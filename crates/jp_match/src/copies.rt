//! Marks of copies of one class.

ghost use Rattle.std.specs.Prelude.{◌≡◌, ◌↔◌, IsTrue, length};
ghost use Rattle.jp_match.specs.Private.Copies.{AreMoved, IsEndMarked, IsNoneEnough, AreStepped};

use crate::offsets::is_any;
use crate::sweep::Reach;

/// Copies of one class, of which there must be so many, and each may be left out or none.
#[derive(Clone, Copy)]
pub(crate) struct Copies {
    pub(crate) least: usize,
    pub(crate) is_optional: bool,
}

impl Copies {
    /// Moves the marks over a character, which the class holds or not. They move at once, for all
    /// copies share one test of the class.
    pub(crate) fn step(self, marks: &mut [bool], entered: bool, holds: bool) -> Reach
        ensures { AreStepped self.is_optional entered holds self.least marks.old marks.new
            result.before result.after result.after_entered }
    {
        let none_enough = self.is_none_enough(marks.len());
        let before = self.is_end_marked(marks);
        self.move_on(marks, entered, holds);
        let after = self.is_end_marked(marks);
        Reach {
            before: before | (entered & none_enough),
            after,
            after_entered: after | none_enough,
        }
    }

    /// Whether so many have the empty word.
    fn is_none_enough(self, count: usize) -> bool
        ensures { IsTrue result ↔ IsNoneEnough self.is_optional self.least count }
    {
        self.least <= count && (self.is_optional || self.least == 0)
    }

    /// Whether a mark reaches the end.
    fn is_end_marked(self, marks: &[bool]) -> bool
        ensures { IsTrue result ↔ IsEndMarked self.is_optional self.least (length marks.now)
            marks.now }
    {
        if marks.len() < self.least {
            return false;
        }
        if self.is_optional {
            return is_any(marks);
        }
        is_any(&marks[self.least.saturating_sub(1)..])
    }

    /// Moves the marks: from a copy to the next one, and on to all others where they may be left
    /// out.
    fn move_on(self, marks: &mut [bool], entered: bool, holds: bool)
        ensures { AreMoved self.is_optional entered holds marks.old marks.new }
    {
        let mut through = entered;
        for copy in 0..marks.len() {
            let marked = marks[copy];
            marks[copy] = through & holds;
            through = marked | (self.is_optional & through);
        }
    }
}
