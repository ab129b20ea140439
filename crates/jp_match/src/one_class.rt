//! Patterns of one class.

ghost use Rattle.std.specs.Prelude.{IfSome, map};
ghost use Rattle.jp_iregexp.specs.Tree.{tree, branches, pieces, repeat};
ghost use Rattle.jp_match.specs.Private.OneClass.{IsOneClass};
ghost use Rattle.jp_match.specs.Private.Plain.{unrolled};

use jp_iregexp::{CharClass, Pattern};

/// The class that a pattern has as its one position, and whether it may be left out.
#[derive(Clone, Copy)]
pub(crate) struct OneClass<'p> {
    pub(crate) class: &'p CharClass,
    pub(crate) is_optional: bool,
}

/// The class of a pattern that is one class, in groups of its own or not, and may be optional;
/// None for any other pattern.
#[cycle(one_class)]
pub(crate) fn one_class(pattern: &Pattern) -> Option<OneClass<'_>>
    ensures { IfSome result (λ one. IsOneClass (unrolled (tree pattern.now)) one.class.now.negated
        one.class.now.elements.items one.is_optional) }
{
    match pattern {
        Pattern::Either(branches) => only_class(branches),
        Pattern::Sequence(pieces) => only_class(pieces),
        Pattern::Repeat { inner, least, most } => optional_class(inner, *least, *most),
        Pattern::Class(class) => Some(OneClass {
            class,
            is_optional: false,
        }),
    }
}

/// The class that the only one of branches, or of pieces, is.
#[cycle(one_class)]
fn only_class(parts: &[Pattern]) -> Option<OneClass<'_>>
    ensures branch { IfSome result (λ one. IsOneClass (unrolled (branches (map tree parts.now)))
        one.class.now.negated one.class.now.elements.items one.is_optional) }
    ensures piece { IfSome result (λ one. IsOneClass (unrolled (pieces (map tree parts.now)))
        one.class.now.negated one.class.now.elements.items one.is_optional) }
{
    let [only] = parts else {
        return None;
    };
    one_class(only)
}

/// The class of a repeat of no word or one.
#[cycle(one_class)]
fn optional_class(inner: &Pattern, least: u32, most: Option<u32>) -> Option<OneClass<'_>>
    ensures { IfSome result (λ one. IsOneClass (unrolled (repeat (tree inner.now) least most))
        one.class.now.negated one.class.now.elements.items one.is_optional) }
{
    let most = most?;
    if least != 0 || most != 1 {
        return None;
    }
    let one = one_class(inner)?;
    Some(OneClass {
        class: one.class,
        is_optional: true,
    })
}
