//! From bytes to documents, in tables or as a tree (RFC 9535 section 1.1).
//!
//! `read_flat` reads a document into tables, and `read_into` does in the memory of others. `read_portion`
//! reads so much of one as is wanted of it, also in such memory: all, what is asked for, or what stands at
//! a location, which `read_value_into` reads alone, as `read_asked` does what is asked for. Each takes which
//! numbers the document may have. Where tables refuse the bytes, `serde_json` tells why, or `jp_exact` of decimals.
//! `Document::read` makes a tree of the tables of a document of whole numbers, `Document::root` is its root,
//! and `Document::find` the value at the location that `read_path` reads:
//!
//! ```text
//! let document = Document::read(alloc, b"{\"a\":[1,2]}")?;
//! let two = document.find(&read_path(alloc, "$['a'][1]")?);   // 2
//! ```
//!
//! For the layer above: an Ok is the document that the bytes are, and an Err why they are none, with
//! the path of the first number that is not whole, or too much for a decimal.
#![tactic(auto)]

mod document;
mod portion;
mod reading;

pub use document::Document;
pub use portion::{Excerpt, Portion, push_location};
pub use reading::{read_asked, read_flat, read_into, read_portion, read_value_into};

----

Every entry should be restated word for word.

ANSWER TO THIS TASK:
filename crates/jp_match/src/copies.rt
//! Marks of copies of one class.

ghost use Rattle.std.specs.Prelude.{◌≡◌, ◌↔◌, IsTrue, length};
ghost use Rattle.jp_match.specs.Private.Copies.{AreMoved, IsEndMarked, IsNoneEnough, AreStepped};

use crate::offsets::is_any;
use crate::sweep::Reach;

/// Copies of one class, of which there must be so many, and each may be left out or none.
#[derive(Clone, Copy)]
pub(crate) struct Copies {
    pub(crate) least: usize,
    pub(crate) is_optional: bool,
}

impl Copies {
    /// Moves the marks over a character, which the class holds or not. They move at once, for all
    /// copies share one test of the class.
    pub(crate) fn step(self, marks: &mut [bool], entered: bool, holds: bool) -> Reach
        ensures { AreStepped self.is_optional entered holds self.least marks.old marks.new
            result.before result.after result.after_entered }
    {
        let none_enough = self.is_none_enough(marks.len());
        let before = self.is_end_marked(marks);
        self.move_on(marks, entered, holds);
        let after = self.is_end_marked(marks);
        Reach {
            before: before | (entered & none_enough),
            after,
            after_entered: after | none_enough,
        }
    }

    /// Whether so many have the empty word.
    fn is_none_enough(self, count: usize) -> bool
        ensures { IsTrue result ↔ IsNoneEnough self.is_optional self.least count }
    {
        self.least <= count && (self.is_optional || self.least == 0)
    }

    /// Whether a mark reaches the end.
    fn is_end_marked(self, marks: &[bool]) -> bool
        ensures { IsTrue result ↔ IsEndMarked self.is_optional self.least (length marks.now)
            marks.now }
    {
        if marks.len() < self.least {
            return false;
        }
        if self.is_optional {
            return is_any(marks);
        }
        is_any(&marks[self.least.saturating_sub(1)..])
    }

    /// Moves the marks: from a copy to the next one, and on to all others where they may be left
    /// out.
    fn move_on(self, marks: &mut [bool], entered: bool, holds: bool)
        ensures { AreMoved self.is_optional entered holds marks.old marks.new }
    {
        let mut through = entered;
        for copy in 0..marks.len() {
            let marked = marks[copy];
            marks[copy] = through & holds;
            through = marked | (self.is_optional & through);
        }
    }
}
repository ab129b20ea140439
filename crates/jp_match/src/one_class.rt
//! Patterns of one class.

ghost use Rattle.std.specs.Prelude.{IfSome, map};
ghost use Rattle.jp_iregexp.specs.Tree.{tree, branches, pieces, repeat};
ghost use Rattle.jp_match.specs.Private.OneClass.{IsOneClass};
ghost use Rattle.jp_match.specs.Private.Plain.{unrolled};

use jp_iregexp::{CharClass, Pattern};

/// The class that a pattern has as its one position, and whether it may be left out.
#[derive(Clone, Copy)]
pub(crate) struct OneClass<'p> {
    pub(crate) class: &'p CharClass,
    pub(crate) is_optional: bool,
}

/// The class of a pattern that is one class, in groups of its own or not, and may be optional;
/// None for any other pattern.
#[cycle(one_class)]
pub(crate) fn one_class(pattern: &Pattern) -> Option<OneClass<'_>>
    ensures { IfSome result (λ one. IsOneClass (unrolled (tree pattern.now)) one.class.now.negated
        one.class.now.elements.items one.is_optional) }
{
    match pattern {
        Pattern::Either(branches) => only_class(branches),
        Pattern::Sequence(pieces) => only_class(pieces),
        Pattern::Repeat { inner, least, most } => optional_class(inner, *least, *most),
        Pattern::Class(class) => Some(OneClass {
            class,
            is_optional: false,
        }),
    }
}

/// The class that the only one of branches, or of pieces, is.
#[cycle(one_class)]
fn only_class(parts: &[Pattern]) -> Option<OneClass<'_>>
    ensures branch { IfSome result (λ one. IsOneClass (unrolled (branches (map tree parts.now)))
        one.class.now.negated one.class.now.elements.items one.is_optional) }
    ensures piece { IfSome result (λ one. IsOneClass (unrolled (pieces (map tree parts.now)))
        one.class.now.negated one.class.now.elements.items one.is_optional) }
{
    let [only] = parts else {
        return None;
    };
    one_class(only)
}

/// The class of a repeat of no word or one.
#[cycle(one_class)]
fn optional_class(inner: &Pattern, least: u32, most: Option<u32>) -> Option<OneClass<'_>>
    ensures { IfSome result (λ one. IsOneClass (unrolled (repeat (tree inner.now) least most))
        one.class.now.negated one.class.now.elements.items one.is_optional) }
{
    let most = most?;
    if least != 0 || most != 1 {
        return None;
    }
    let one = one_class(inner)?;
    Some(OneClass {
        class: one.class,
        is_optional: true,
    })
}
//! From bytes to documents, in tables or as a tree (RFC 9535 section 1.1).
//!
//! `read_flat` reads a document into tables, and `read_into` does in the memory of others. `read_portion`
//! reads so much of one as is wanted of it, also in such memory: all, what is asked for, or what stands at
//! a location, which `read_value_into` reads alone, as `read_asked` does what is asked for. Each takes which
//! numbers the document may have. Where tables refuse the bytes, `serde_json` tells why, or `jp_exact` of decimals.
//! `Document::read` makes a tree of the tables of a document of whole numbers, `Document::root` is its root,
//! and `Document::find` the value at the location that `read_path` reads:
//!
//! ```text
//! let document = Document::read(alloc, b"{\"a\":[1,2]}")?;
//! let two = document.find(&read_path(alloc, "$['a'][1]")?);   // 2
//! ```
//!
//! For the layer above: an Ok is the document that the bytes are, and an Err why they are none, with
//! the path of the first number that is not whole, or too much for a decimal.
#![tactic(auto)]

mod document;
mod portion;
mod reading;

pub use document::Document;
pub use portion::{Excerpt, Portion, push_location};
pub use reading::{read_asked, read_flat, read_into, read_portion, read_value_into};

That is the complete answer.